Thank you Blessing for nominating me. I’m honored to be picked.

Here areThe Rules:

Thank the person who gave you this award. 
Include a link to their blog.
You could include their names too.
Nominate 15 deserving bloggers you discovered recently for the Versatile Blogger Award — you should include a link to this site.
Tell the person who nominated you 7 things about yourself
…And answer the question of the day, if you may.
Do the above for your own nominees. Display the award on your Blog

What can I say about me? I don’t usually talk about myself. I think sometimes my inadequacies overwhelm me. Feels like the teenage years again. Well I look beyond those inadequacies to my uniqueness.

1. About Temperaments:
I’m a melancholy. Artistic, sacrificial, complete with the martyr complex. When I just got saved, I used to tell myself, Jesus has died already, and risen – there’s no need of any other. I’m dramatic. Conservative, not shy because I always manage to shed the shyness when I get on the stage to act and I’m a good one. The Holy Ghost had to do a great work in me sha, that’s all I’m saying for now. I had the melancholy weaknesses too. Always perfect, never wrong.
Let’s just say, I read the book (Why you act the way you do – by Tim & Bevery Lahaye) looked at the strengths of all the types and the weaknesses. I wrote down the strengths that I wanted and went for it. I wrote down the weaknesses and started praying to the Holy Spirit to help me eliminate the weaknesses. I hated the choleric traits but I found I needed some of its strengths so I read it too. That’s it for temperaments.

2. Laughter:
I don’t laugh. Strange abi.
I grew up used to winning. When I was winning I laughed uproariously, is that a word? When I wasn’t winning I crashed. I also had moods, I used to love  saying, I’m moody (sounds very American abi).

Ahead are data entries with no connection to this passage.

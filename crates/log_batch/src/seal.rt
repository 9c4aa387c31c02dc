// The checksum behind a body, under a signature, and behind a block. From log_batch.rs, verify_checksum_with_signature.
ghost use Rattle.std.specs.Prelude.{◌≡◌, ◌-◌};
ghost use Rattle.log_batch.specs.Seal.{seal_check, block_check};

use crate::LogBatch;
use refusal::Reason;

// Whether the last four bytes are the checksum of those before them XOR the signature: 5 or 6 where not.
#[tactic(auto, unfolding(crate::specs::Seal::seal_check), using(crate::proofs::Sealing::footer_read))]
pub fn check_seal(bytes: &[u8], signature: u32) -> Result<(), Reason>
    ensures { result ≡ seal_check bytes.now signature }
{
    if bytes.len() <= LogBatch::CHECKSUM_LEN {
        return Err(Reason::NoContent);
    }
    let n = bytes.len() - LogBatch::CHECKSUM_LEN;
    let footer = words::decode_u32_le(bytes, n).ok_or(Reason::NoContent)?;
    if footer.value != crc::crc32(&bytes[..n]) ^ signature {
        return Err(Reason::ChecksumWrong);
    }
    Ok(())
}

// Whether a block is empty, or its last four bytes are the checksum of those before them: 5 or 6 where not.
#[tactic(auto, unfolding(crate::specs::Seal::block_check))]
pub(crate) fn check_block(block: &[u8]) -> Result<(), Reason>
    ensures { result ≡ block_check block.now }
{
    if block.is_empty() {
        return Ok(());
    }
    check_seal(block, 0)
}

// How many of so many bytes stand before a checksum: the length of a block's content, or of a body without its footer.
pub fn sealed_len(len: usize) -> usize
    ensures { result ≡ len - 4 }
{
    len.saturating_sub(LogBatch::CHECKSUM_LEN)
}
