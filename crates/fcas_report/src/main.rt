//! Prints the deliveries of the recording on standard input.
//! For operators. docs/RULES.md states the rules under The programs.
#![tactic(auto)]

use report::run::run;

fn main(rt: HostRuntime) -> anyhow::Result<()> {
    run(&rt)
}
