//! The command that runs vectors on the network of a sim file: `simrun`.
#![tactic(auto)]

mod command_simrun;
mod refusals;

pub use command_simrun::simrun;
pub use network_runs::fault_grade;
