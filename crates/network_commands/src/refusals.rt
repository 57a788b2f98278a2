//! Why sim files are refused.
ghost use Rattle.std.specs.Prelude.{◌≡◌, ◌∷◌, [], IfOk, IsOkUnless};
ghost use Rattle.line_answers.specs.Refusals.{refusal_line};
ghost use Rattle.network_commands.specs.Refusals.{sim_code, sim_refusal};

use line_answers::{Refusal, at_line, refuse};
use names_lists::Name;
use session_model::{Answer, Halt};
use sim_text::{SimAt, SimFault};
use std::alloc::{AllocError, Global};

// The fault of a sim file.
fn sim_refusal(alloc: Global, file: &Name, at: &SimAt) -> Result<Refusal, AllocError>
    ensures { IfOk result (λ refusal. refusal ≡ sim_refusal file.now at.now) }
{
    at_line(alloc, b"E25 ", file, at.line as usize, sim_code(at.fault))
}

fn sim_code(fault: SimFault) -> &'static [u8]
    ensures { result.now ≡ sim_code fault }
{
    match fault {
        SimFault::Header => b"S1",
        SimFault::BadLine => b"S2",
        SimFault::Letter => b"S3",
        SimFault::Range => b"S4",
        SimFault::Name => b"S5",
        SimFault::TooLong => b"",
        SimFault::TooMany(_) => b"",
        SimFault::Memory => b"",
    }
}

/// The answer where a sim file has a fault.
pub fn refuse_sim(alloc: Global, number: usize, file: &Name, at: &SimAt) -> Result<Answer, Halt>
    ensures lines { IfOk result (λ answer. answer.lines.items ≡ refusal_line number (sim_refusal file.now at.now) ∷ []) }
    ensures stores { IfOk result (λ answer. answer.stores.items ≡ []) }
    ensures memory { IsOkUnless result Halt.Memory }
{
    let refusal = sim_refusal(alloc, file, at)?;
    refuse(alloc, number, refusal)
}
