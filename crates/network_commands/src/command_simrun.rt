//! `simrun c f`: runs f.vec on the network of c.sim.
ghost use Rattle.std.specs.Prelude.{◌≡◌, ◌∷◌, [], ℕ, List, Some, All, IfOk, IsOkUnless};
ghost use Rattle.outside_io.specs.Files.{Files};
ghost use Rattle.session_model.specs.Causes.{HasCauses, kinds_of};
ghost use Rattle.session_model.specs.Effects.{Answers, AnswersAfter};
ghost use Rattle.session_model.specs.Fetches.{text_in};
ghost use Rattle.sim_networks.specs.SimNetworks.{HasLetter};
ghost use Rattle.sim_text.specs.SimTexts.{sim_in};
ghost use Rattle.switch_net.specs.Net.{network_of};
ghost use Rattle.network_runs.specs.VectorRuns.Runs.{IsFresh};
ghost use Rattle.line_answers.specs.LineEffects.{IsOfInside};
ghost use Rattle.network_commands.specs.CommandSimrun.{RunsRead, RunsRecords, RunsVectors, SimrunMeans};
ghost use Rattle.network_runs.specs.Simulations.{TellsVectors};

use crate::refusals::refuse_sim;
use line_answers::{file_name, refuse_file, refuse_too_many, told};
use names_lists::Name;
use network_runs::{MadeNet, make_network, sim_limit_word, vector_lines};
use outside_io::Shelf;
use session_model::{Answer, Fetched, Halt, fetch_text};
use sim_networks::read_records_have_letters;
use sim_text::{SimAt, SimFault, SimFile, read_sim};
use std::alloc::Global;
use switch_net::NamedNet;

/// `simrun c f`, the script's line of this number. It leaves the session as it is.
pub fn simrun<F: Shelf>(
    alloc: Global,
    shelf: &mut F,
    number: usize,
    budget: u32,
    name: &Name,
    file: &Name,
) -> Result<Answer, Halt>
    ensures effect { (files : Files) → F.files shelf.old ≡ Some files → IfOk result (λ answer.
        Answers (SimrunMeans budget number files name.now file.now) tt answer (F.fetch_plan shelf.old) (F.fetch_plan shelf.new)) }
    ensures files { F.files shelf.new ≡ F.files shelf.old }
    ensures causes { HasCauses F.Shelf shelf.old shelf.new kinds_of result }
{
    let source = file_name(alloc, name, b".sim")?;
    let file = file_name(alloc, file, b".vec")?;
    match fetch_text(alloc, shelf, &source)? {
        Fetched::Text(text) => run_text(alloc, shelf, number, budget, source, &text, file),
        Fetched::Refused(fault) => refuse_file(alloc, number, &source, fault),
    }
}

// Runs vectors on the network of a sim text.
fn run_text<F: Shelf>(
    alloc: Global,
    shelf: &mut F,
    number: usize,
    budget: u32,
    source: Name,
    text: &[u8],
    file: Name,
) -> Result<Answer, Halt>
    ensures effect { (files : Files) → F.files shelf.old ≡ Some files → IfOk result (λ answer.
        AnswersAfter (source ∷ []) (RunsRead budget number files source (sim_in text.now) file) tt answer (F.fetch_plan shelf.old) (F.fetch_plan shelf.new)) }
    ensures files { F.files shelf.new ≡ F.files shelf.old }
    ensures causes { HasCauses F.Shelf shelf.old shelf.new kinds_of result }
{
    read_records_have_letters();
    match read_sim(alloc, text) {
        Ok(sim) => run_records(alloc, shelf, number, budget, &sim, file),
        Err(
            SimAt {
                line: _,
                fault: SimFault::Memory,
            },
        ) => Err(Halt::Memory),
        Err(at) => refuse_sim(alloc, number, &source, &at),
    }
}

// Runs vectors on the network of sim records, where it passes no limit.
fn run_records<F: Shelf>(
    alloc: Global,
    shelf: &mut F,
    number: usize,
    budget: u32,
    sim: &SimFile,
    file: Name,
) -> Result<Answer, Halt>
    requires letters { All HasLetter sim.now.fets }
    ensures effect { (files : Files) (fetched : List (List ℕ)) → F.files shelf.old ≡ Some files → IfOk result (λ answer.
        AnswersAfter fetched (RunsRecords budget number files sim.now file fetched) tt answer (F.fetch_plan shelf.old) (F.fetch_plan shelf.new)) }
    ensures files { F.files shelf.new ≡ F.files shelf.old }
    ensures causes { HasCauses F.Shelf shelf.old shelf.new kinds_of result }
{
    match make_network(alloc, sim)? {
        MadeNet::Net(named) => run_network(alloc, shelf, number, budget, named, file),
        MadeNet::Passed(limit) => refuse_too_many(alloc, number, sim_limit_word(limit)),
    }
}

// Runs the vectors of a file on a network as it is made.
fn run_network<F: Shelf>(
    alloc: Global,
    shelf: &mut F,
    number: usize,
    budget: u32,
    named: NamedNet,
    file: Name,
) -> Result<Answer, Halt>
    requires fresh { IsFresh (network_of named.net) named.names }
    ensures effect { (files : Files) (fetched : List (List ℕ)) → F.files shelf.old ≡ Some files → IfOk result (λ answer.
        AnswersAfter fetched (RunsVectors budget number (text_in files file) file (network_of named.net) named.names fetched) tt answer
        (F.fetch_plan shelf.old) (F.fetch_plan shelf.new)) }
    ensures files { F.files shelf.new ≡ F.files shelf.old }
    ensures causes { HasCauses F.Shelf shelf.old shelf.new kinds_of result }
{
    match fetch_text(alloc, shelf, &file)? {
        Fetched::Text(text) => run_fetched(alloc, number, budget, named, &text),
        Fetched::Refused(fault) => refuse_file(alloc, number, &file, fault),
    }
}

// Runs vectors of this text on a network as it is made.
fn run_fetched(
    alloc: Global,
    number: usize,
    budget: u32,
    named: NamedNet,
    text: &[u8],
) -> Result<Answer, Halt>
    requires fresh { IsFresh (network_of named.net) named.names }
    ensures tells { IfOk result (λ answer. TellsVectors budget number text.now (network_of named.net) named.names answer.lines.items) }
    ensures stores { IfOk result (λ answer. answer.stores.items ≡ []) }
    ensures inside { IfOk result (λ answer. IsOfInside answer.lines.items) }
    ensures memory { IsOkUnless result Halt.Memory }
{
    let mut named = named;
    Ok(told(
        alloc,
        vector_lines(alloc, number, budget, &mut named, text)?,
    ))
}
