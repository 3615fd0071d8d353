// The bounded check of a term with supplied groups, as a definition on trees, and what it promises. No code: the check of a
// file is proved equal to it. Each function's contract is a promise of specs/Claims.antt or specs/Examples.antt.
#![tactic(auto)]

ghost use Rattle.verdict.specs.Claims.{Passing, Stopping, Running, Turning, FormerRuns, LaterRuns, Grounds, OnlyLimits};
ghost use Rattle.verdict.specs.Examples.{Examples};

pub fn what_passes()
    ensures { Passing }
{}

pub fn what_stops()
    ensures { Stopping }
{}

pub fn how_it_runs()
    ensures { Running }
{}

pub fn turn_by_turn()
    ensures { Turning }
{}

pub fn former_runs()
    ensures { FormerRuns }
{}

pub fn later_runs()
    ensures { LaterRuns }
{}

pub fn what_stopped()
    ensures { Grounds }
{}

pub fn what_limits()
    ensures { OnlyLimits }
{}

pub fn worked_examples()
    ensures { Examples }
{}
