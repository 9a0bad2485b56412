// The C interface's second part: the permissive reader, twice, and the check of a command list.
// Entries that are alike stay apart: C calls each by its own name, and each takes what C lends, slice by slice.
#![tactic(auto)]

pub mod lean;
pub mod reading;
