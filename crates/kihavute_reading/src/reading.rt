// The permissive reader, and the check of a stored command list.
ghost use Rattle.svg.specs.Lists.{before, after};
ghost use Rattle.svg.specs.Readings.{answer_of};
ghost use Rattle.commands.specs.Checked.{check_commands_of};
ghost use Rattle.c_answer.specs.Given.{Given};
ghost use Rattle.kihavute_reading.specs.Reading.{KeptBy, PathRead};

use answers::{Refusal, Values};
use svg::Counts;

// The counts of what was stored.
pub(crate) fn give_reading(read: Result<Counts, Refusal>, answer: &mut [u64]) -> u32
    ensures { Given (answer_of read) answer.old result answer.new }
{
    match read {
        Ok(counts) => c_answer::accept(
            Values::Three(counts.letters, counts.numbers, counts.letters),
            answer,
        ),
        Err(refusal) => c_answer::refuse(refusal, answer),
    }
}

// Reads a text into a command list: letters, numbers and the offset of the letter that made each
// command, each from its buffer's start. Gives how many of each are stored. Where answer is too short,
// or the text is refused, no buffer is touched.
#[unsafe(no_mangle)]
pub extern "C" fn kihavute_read(
    text: &[u8],
    letters: &mut [u8],
    numbers: &mut [f32],
    offsets: &mut [u32],
    answer: &mut [u64],
) -> u32
    ensures path_read { PathRead text.now (before letters numbers offsets) answer.old result (after letters numbers offsets) answer.new }
    ensures kept_by { KeptBy text.now result (after letters numbers offsets) answer.new }
{
    if answer.len() < 8 {
        return 255;
    }
    let reading = svg::read_path(text, letters, numbers, offsets);
    give_reading(reading, answer)
}

// Whether letters and numbers are a command list. Gives nothing where they are.
#[unsafe(no_mangle)]
pub extern "C" fn kihavute_check_commands(
    letters: &[u8],
    numbers: &[f32],
    answer: &mut [u64],
) -> u32
    ensures { Given (check_commands_of letters.now numbers.now) answer.old result answer.new }
{
    match commands::check_commands(letters, numbers) {
        Ok(()) => c_answer::accept(Values::Nothing, answer),
        Err(refusal) => c_answer::refuse(refusal, answer),
    }
}
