//! Repetitions of a transcriber, and all that it writes.
ghost use Rattle.std.specs.Prelude.{◌≡◌, ◌+◌, ◌<◌, ◌≤◌, ◌-◌, ◌^◌, ◌++◌, None, IfOk, OnOk, length, slice_get, drop};
ghost use Rattle.macro_rules.specs.Writings as spec;

use crate::row::Row;
use crate::token::Token;
use crate::visits::RowVisits;
use crate::writing::{Leader, Level, WriteFault, Writing};
use std::alloc::{AllocError, Global};

fn agree(count: usize, leaders: &[Leader]) -> bool
    ensures { result ≡ spec.agree count leaders.now }
{
    leaders.iter().all(|leader| leader.count == count)
}

/// How often a repetition with these leaders is written.
fn common(leaders: &[Leader]) -> Result<usize, WriteFault>
    ensures { result ≡ spec.common leaders.now }
{
    match leaders.split_first() {
        None => Err(WriteFault::NothingRepeats),
        Some((first, others)) => if agree(first.count, others) {
            Ok(first.count)
        } else {
            Err(WriteFault::Uneven)
        },
    }
}

/// Lets the leaders stand at an iteration, counted from their first.
fn lead(leaders: &[Leader], index: usize, current: &mut Vec<Option<usize>>)
    ensures { current.new.items ≡ spec.led leaders.now index current.old.items }
{
    for leader in leaders {
        if leader.repetition < current.len() {
            current[leader.repetition] = Some(leader.first.saturating_add(index));
        }
    }
}

/// Lets the leaders lead no longer.
fn unlead(leaders: &[Leader], current: &mut Vec<Option<usize>>)
    ensures { current.new.items ≡ spec.unled leaders.now current.old.items }
{
    for leader in leaders {
        if leader.repetition < current.len() {
            current[leader.repetition] = None;
        }
    }
}

/// Whether a separator stands at a position.
pub(crate) fn is_separator(rows: &[Row], at: usize) -> bool
    ensures { result ≡ spec.is_separator (slice_get rows.now at) }
{
    matches!(rows.get(at), Some(Row::Separator(_, _)))
}

/// No iterations yet, of so many positions.
fn idle(alloc: Global, rows: usize) -> Result<Vec<Option<usize>>, AllocError>
    ensures { IfOk result (λ current. current.items ≡ spec.idle rows) }
{
    let mut current = Vec::new(alloc);
    let mut left = rows;
    while left != 0 {
        current.push(None)?;
        left -= 1;
    }
    Ok(current)
}

impl Writing {
    pub(super) fn new(alloc: Global, rows: usize) -> Result<Writing, AllocError>
        ensures { IfOk result (λ w. w ≡ spec.nothing_written rows) }
    {
        let current = idle(alloc, rows)?;
        Ok(Writing {
            tokens: Vec::new(alloc),
            levels: Vec::new(alloc),
            leaders: Vec::new(alloc),
            current,
            at: 0,
            fault: None,
        })
    }

    /// Adds what leads a repetition by the variables among these positions.
    fn gather(
        &mut self,
        matcher: &[Row],
        table: &[RowVisits],
        from: usize,
        body: &[Row],
    ) -> Result<(), AllocError>
        ensures { OnOk result (self.new ≡ spec.gathered matcher.now table.now from body.now self.old) }
    {
        for row in body {
            self.add_leader_of(matcher, table, from, row)?;
        }
        Ok(())
    }

    /// Starts the first of so many iterations, with the leaders from a number on.
    fn start(&mut self, begin: usize, from: usize, count: usize) -> Result<(), AllocError>
        requires { begin < 2 ^ 63 }
        ensures { OnOk result (self.new ≡ spec.started begin from count self.old) }
    {
        self.levels.push(Level {
            begin,
            index: 0,
            count,
            leaders: from,
        })?;
        let first = from.min(self.leaders.len());
        lead(&self.leaders.as_slice()[first..], 0, &mut self.current);
        self.at = begin + 1;
        Ok(())
    }

    /// Passes over a repetition.
    fn skip(&mut self, behind: Option<usize>, from: usize)
        ensures { self.new ≡ spec.skipped_to behind from self.old }
    {
        match behind {
            None => self.fail(WriteFault::NeedsOne),
            Some(behind) => {
                self.leaders.truncate(from);
                self.at = behind;
            }
        }
    }

    /// Begins a repetition with the leaders from a number on.
    fn open_with(
        &mut self,
        begin: usize,
        behind: Option<usize>,
        from: usize,
    ) -> Result<(), AllocError>
        requires { begin < 2 ^ 63 }
        ensures { OnOk result (self.new ≡ spec.opened_with begin behind from self.old) }
    {
        let first = from.min(self.leaders.len());
        match common(&self.leaders.as_slice()[first..]) {
            Err(fault) => {
                self.fail(fault);
                Ok(())
            }
            Ok(count) => {
                if count == 0 {
                    self.skip(behind, from);
                    Ok(())
                } else {
                    self.start(begin, from, count)
                }
            }
        }
    }

    /// Goes on with the next iteration.
    fn repeat(&mut self, level: Level, at: usize, separated: bool) -> Result<(), AllocError>
        requires small { at < 2 ^ 63 }
        requires more { 1 < level.count - level.index }
        ensures { OnOk result (self.new ≡ spec.again level at separated self.old) }
    {
        self.levels.push(Level {
            begin: level.begin,
            index: level.index + 1,
            count: level.count,
            leaders: level.leaders,
        })?;
        if level.leaders <= self.leaders.len() {
            lead(
                &self.leaders.as_slice()[level.leaders..],
                level.index + 1,
                &mut self.current,
            );
        }
        self.at = if separated {
            at + 1
        } else {
            level.begin.saturating_add(1)
        };
        Ok(())
    }

    /// Ends a repetition.
    fn leave(&mut self, level: Level, at: usize, separated: bool)
        requires { at < 2 ^ 63 }
        ensures { self.new ≡ spec.left_level level at separated self.old }
    {
        if level.leaders <= self.leaders.len() {
            unlead(&self.leaders.as_slice()[level.leaders..], &mut self.current);
        }
        self.leaders.truncate(level.leaders);
        self.at = if separated { at + 2 } else { at + 1 };
    }

    /// Ends an iteration at a position.
    pub(super) fn end(&mut self, at: usize, separated: bool) -> Result<(), AllocError>
        requires { at < 2 ^ 63 }
        ensures { OnOk result (self.new ≡ spec.ended at separated self.old) }
    {
        match self.levels.pop() {
            None => {
                self.fail(WriteFault::NothingRepeats);
                Ok(())
            }
            Some(level) => {
                if 1 < level.count.saturating_sub(level.index) {
                    self.repeat(level, at, separated)
                } else {
                    self.leave(level, at, separated);
                    Ok(())
                }
            }
        }
    }

    /// Begins a repetition at a position, with what is repeated.
    pub(super) fn open(
        &mut self,
        matcher: &[Row],
        table: &[RowVisits],
        begin: usize,
        behind: Option<usize>,
        body: &[Row],
    ) -> Result<(), AllocError>
        requires { begin < 2 ^ 63 }
        ensures { OnOk result (self.new ≡ spec.opened matcher.now table.now begin behind body.now self.old) }
    {
        let from = self.leaders.len();
        self.gather(matcher, table, from, body)?;
        self.open_with(begin, behind, from)
    }
}
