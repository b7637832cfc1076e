//! What a transcriber writes, position by position.
ghost use Rattle.std.specs.Prelude.{◌≡◌, IfOk, OnOk, slice_get};
ghost use Rattle.macro_rules.specs.Writings as spec;

use crate::row::Row;
use crate::token::Token;
use crate::visits::RowVisits;
use crate::writing::levels::is_separator;
use crate::writing::{WriteFault, Writing};
use std::alloc::{AllocError, Global};

/// The positions from one up to another.
fn between(rows: &[Row], from: usize, end: usize) -> &[Row]
    ensures { result.now ≡ spec.between from end rows.now }
{
    let rest = &rows[from.min(rows.len())..];
    &rest[..end.saturating_sub(from).min(rest.len())]
}

impl Writing {
    /// Writes what one position says.
    #[tactic(auto, unfolding(crate::specs::Writings::step))]
    fn step(
        &mut self,
        rows: &[Row],
        matcher: &[Row],
        table: &[RowVisits],
        input: &[Token],
    ) -> Result<(), AllocError>
        ensures { OnOk result (self.new ≡ spec.step rows.now matcher.now table.now input.now self.old) }
    {
        let at = self.at;
        match rows.get(at) {
            None => Ok(()),
            Some(Row::Token(token)) => self.write(*token, at + 1),
            Some(Row::Separator(token, start)) => self.write(*token, *start),
            Some(Row::Variable(_) | Row::Iteration) => {
                self.at = at + 1;
                Ok(())
            }
            Some(Row::Capture(row)) => {
                self.write_capture(matcher, table, input, *row)?;
                self.at = at + 1;
                Ok(())
            }
            Some(Row::Begin(repetition)) => {
                let body = between(rows, at, repetition.end);
                self.open(matcher, table, at, repetition.behind, body)
            }
            Some(Row::End(_)) => self.end(at, is_separator(rows, at + 1)),
        }
    }

    fn is_done(&self, rows: &[Row]) -> bool
        ensures { result ≡ spec.is_done rows.now self.now }
    {
        self.fault.is_some() || rows.len() <= self.at
    }
}

/// What a transcriber writes for a match, in at most so many steps.
pub(crate) fn transcribe(
    alloc: Global,
    rows: &[Row],
    matcher: &[Row],
    table: &[RowVisits],
    input: &[Token],
    limit: usize,
) -> Result<Writing, AllocError>
    ensures { IfOk result (λ w. w ≡ spec.transcribed rows.now matcher.now table.now input.now limit) }
{
    let mut writing = Writing::new(alloc, matcher.len())?;
    let mut left = limit;
    while left != 0 && !writing.is_done(rows) {
        writing.step(rows, matcher, table, input)?;
        left -= 1;
    }
    if !writing.is_done(rows) {
        writing.fail(WriteFault::TooGreat);
    }
    Ok(writing)
}
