// Rebuilding a picture in one buffer whose front holds the strip: each record is undone, last record first, row by row.
#![tactic(auto)]

pub mod row;

ghost use Rattle.std.specs.Prelude.{◌≡◌};
ghost use Rattle.format.specs.Refusals.{returned};
ghost use Rattle.format.specs.Calls.{rebuild_answer, rebuild_image};
ghost use Rattle.rebuild.specs.Rows.{HasRoom, undone};

use crate::row::Undoing;
use chain::read_chain;
use chain::record::Record;
use format::{Refusal, TransformType};

// The inverse of a record's transform. Two loops, since a range and its reverse are of two types. That the image has
// room is asked here and of each row: a struct around the lent image would have to say what of it stays.
#[tactic(auto, using(crate::proofs::Rows::none, crate::proofs::Rows::down_turn))]
fn undo(record: &Record, image: &mut [u8])
    requires { HasRoom «record».now image.old }
    ensures { image.new ≡ undone «record».now image.old }
{
    let undoing = Undoing::new(record);
    if record.transform_type() == TransformType::ColorTable {
        for y in (0..record.height).rev() {
            undoing.rebuild_row(y, image);
        }
    } else {
        for y in 0..record.height {
            undoing.rebuild_row(y, image);
        }
    }
}

// Tests 1 to 8, then the records.
#[tactic(auto, unfolding(format::specs::Calls::rebuild_answer, format::specs::Calls::rebuild_image))]
pub fn rebuild(
    width: usize,
    height: usize,
    chain: &[u8],
    data: &[u8],
    image: &mut [u8],
) -> Result<(), Refusal>
    ensures value { returned result ≡ rebuild_answer width height chain.now «data».now image.old }
    ensures image_after { image.new ≡ rebuild_image width height chain.now «data».now
        image.old }
{
    let read = read_chain(width, height, chain, data)?;
    if image.len() < 4 * (height * width) {
        return Err(Refusal::ShortBuffer);
    }
    for k in (0..read.chain.count).rev() {
        undo(&read.record(k), image);
    }
    Ok(())
}
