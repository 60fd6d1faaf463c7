// One row of one record, in the one buffer.
ghost use Rattle.std.specs.Prelude.{◌≡◌, ◌<◌};
ghost use Rattle.format.specs.Sizes.{Holds};
ghost use Rattle.predictor.specs.Picture.{predictor_row};
ghost use Rattle.rebuild.specs.Rows.{HasRoom, row_rebuilt};
ghost use Rattle.rebuild.specs.Inverse.{Inverts};

use chain::record::Record;
use color_table::table::columns_of_table;
use color_table::unpack::unpack_row_at;
use format::TransformType;
use pixel::block::Blocks;
use pixel::stride::{Expanded, packed_width};

// What a kind's rows are rebuilt by: blocks, or the columns of a table's indices, which are made once for all rows.
#[derive(Drop)]
pub enum Inverse<'a> {
    Predictor(Blocks<'a>),
    Color(Blocks<'a>),
    SubtractGreen,
    ColorTable([u8; 8192]),
}

// Row y of a predicted picture. Not inlined: beside what a loop over rows holds, the loops of a mode run out of
// registers.
#[inline(never)]
fn rebuild_predicted(image: &mut [u8], blocks: &Blocks, y: usize)
    requires { Holds blocks.now.width blocks.now.height image.old × (y < blocks.now.height) }
    ensures { image.new ≡ predictor_row blocks.now.width blocks.now.bits blocks.now.bytes.now y image.old }
{
    predictor::inverse::rebuild_row_at(image, blocks, y);
}

// A record with its inverse.
#[derive(Drop)]
pub struct Undoing<'a> {
    pub record: Record<'a>,
    pub inverse: Inverse<'a>,
    pub ghost inverts: { Inverts «record» inverse },
}

impl<'a> Undoing<'a> {
    pub fn new(record: &Record<'a>) -> Self
        ensures { result.«record» ≡ «record».now }
    {
        let inverse = match record.transform_type() {
            TransformType::Predictor => Inverse::Predictor(record.blocks()),
            TransformType::Color => Inverse::Color(record.blocks()),
            TransformType::SubtractGreen => Inverse::SubtractGreen,
            TransformType::ColorTable => Inverse::ColorTable(columns_of_table(&record.entries())),
        };
        Undoing {
            record: *record,
            inverse,
        }
    }

    // Row y. Rows go from the top, since a row is predicted from the row above it; those of a table from the bottom,
    // since a row's columns may lie where packed pixels of the rows above it stand. Inlined, so that a loop over rows
    // finds the kind once.
    #[inline(always)]
    #[tactic(auto, using(crate::proofs::Rows::rule_0, crate::proofs::Rows::rule_1, crate::proofs::Rows::rule_2))]
    pub fn rebuild_row(&self, y: usize, image: &mut [u8])
        requires { HasRoom self.now.«record» image.old × (y < self.now.«record».height) }
        ensures { image.new ≡ row_rebuilt self.now.«record» y image.old }
    {
        let step = self.record.step;
        match &self.inverse {
            Inverse::Predictor(blocks) => rebuild_predicted(image, blocks, y),
            Inverse::Color(blocks) => color::color::rebuild_row_at(image, blocks, y),
            Inverse::SubtractGreen => {
                color::subtract_green::rebuild_row_at(image, step.width, y)
            },
            Inverse::ColorTable(columns) => {
                let expanded = Expanded(step.width);
                let packed = packed_width(expanded, step.size);
                unpack_row_at(image, y, packed, expanded, step.size, columns)
            },
        }
    }
}
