//! What happened to a spool, what a list of events says of each job and printer, and what must hold of it.
//!
//! The definitions stand in `specs/`, and no code runs.
#![tactic(auto)]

The Holy Ghost again worked here. I learned to say what I wanted to see and unsay things not consistent with God’s word. Living a Spirit controlled life is a must now.
I learned to laugh at the devil. Really it works. The guy has been disarmed but he’s moving around seeing who he can deceive, because he can’t deceive everyone especially if they are armed. So I laugh especially as Psalm 2 says, God laughs.
I laugh with friends and family and sometimes at myself. I don’t take myself too seriously.

3. About the Gospel and my Saviour Jesus Christ:
I am born again. I am born of the Spirit. I have been baptized with the Holy Ghost.
Did I seek the Holy Ghost?
Hmmm. Those days, I didn’t even trust Him. God wooed me, God drew me. God ministered to me. The Holy  Spirit, He’s a comforter and that’s not just words. He’s more real to me than what I see with my eyes and touch with my hands. The saints must have been tarrying in prayer. The Holy Ghost used to direct me to scriptures I had never heard of, then he would send a Christian to come and teach me the specific scripture and what it means. I was like, this God takes me seriously o.

Yes o, I’m born again and proud of it.

The need for Corporate experience: 
I asked God for a year in a corporate office. The things that I learned are invaluable. I’m grateful for the time. So I’m learning to take my words seriously because God takes them seriously too. One of the things I learned is not to compromise on good excellent work, it speaks. So I don’t work so much if I’m tired, hungry or sleep deprived, it compromises excellence. Also never work at what you don’t love or enjoy doing.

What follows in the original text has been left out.